(Collected data)
○ ○ ○ ○

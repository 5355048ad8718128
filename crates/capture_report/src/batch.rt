//! Records of a capture, at most 64 at a time, as their packets.

ghost use Rattle.std.specs.Prelude.{◌<◌, IsTrue, length};
ghost use Rattle.capture_report.specs.NextRecord.{MayGoOn};
ghost use Rattle.capture_report.specs.Taken.{TakesBatch, TakesRecord, max_batch};

use crate::packets::Packets;
use acl_outside::Desk;
use pcap_reader::CaptureFault;
use pcapng_reader::AnyCapture;

/// How many records are taken at most before their lines are put.
pub const MAX_BATCH: usize = 64;

/// Why no more records are taken into a batch.
#[derive(Clone, Copy)]
pub enum BatchEnd {
    /// The capture may have more: there are as many as a batch may have, or the next one may have
    /// to be waited for.
    More,
    /// The capture has no more records.
    End,
    /// The capture has a fault after its records, or can't be read.
    Fault(CaptureFault),
}

/// Takes the next records of a capture, and says why there aren't more. It takes no memory.
///
/// The packets that were there before are dropped. After the first record none is read that may
/// have to be waited for, so that the lines of those before it can be put first.
pub fn take_batch<D: Desk>(
    capture: &mut AnyCapture,
    desk: &mut D,
    packets: &mut Packets,
) -> BatchEnd
    requires reading { IsTrue (D.view desk.old).reading }
    requires state { MayGoOn capture.old }
    ensures batch { TakesBatch capture.old capture.new packets.new
        (D.view desk.old) (D.view desk.new) result }
{
    packets.clear();
    while packets.len() < MAX_BATCH {
        match take_record(capture, desk, packets) {
            Some(end) => return end,
            None => {}
        }
        if may_wait(capture, desk) {
            return BatchEnd::More;
        }
    }
    BatchEnd::More
}

/// Whether the next record may have to be waited for: reading more may, and the record isn't whole
/// in what is at hand.
#[inline]
fn may_wait<D: Desk>(capture: &AnyCapture, desk: &D) -> bool {
    match desk.at_hand() {
        Some(bytes) => !capture.has_next_in(bytes),
        None => false,
    }
}

/// Takes the next record after the others, or says why there is none.
fn take_record<D: Desk>(
    capture: &mut AnyCapture,
    desk: &mut D,
    packets: &mut Packets,
) -> Option<BatchEnd>
    requires reading { IsTrue (D.view desk.old).reading }
    requires state { MayGoOn capture.old }
    requires room { length packets.old < max_batch }
    ensures takes { TakesRecord capture.old capture.new packets.old packets.new
        (D.view desk.old) (D.view desk.new) result }
{
    match capture.next(desk) {
        Ok(Some((link, frame))) => {
            packets.add(link, frame);
            None
        }
        Ok(None) => Some(BatchEnd::End),
        Err(fault) => Some(BatchEnd::Fault(fault)),
    }
}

○ ○ ○ ○

* [Action item] Your task is to restate, word for word, each line from the one that includes "capture.new packets.old packets.new" to the end of the records, with both ends included and nothing else.

* [Solution to the problem]
    ensures takes { TakesRecord capture.old capture.new packets.old packets.new
        (D.view desk.old) (D.view desk.new) result }
{
    match capture.next(desk) {
        Ok(Some((link, frame))) => {
            packets.add(link, frame);
            None
        }
        Ok(None) => Some(BatchEnd::End),
        Err(fault) => Some(BatchEnd::Fault(fault)),
    }
}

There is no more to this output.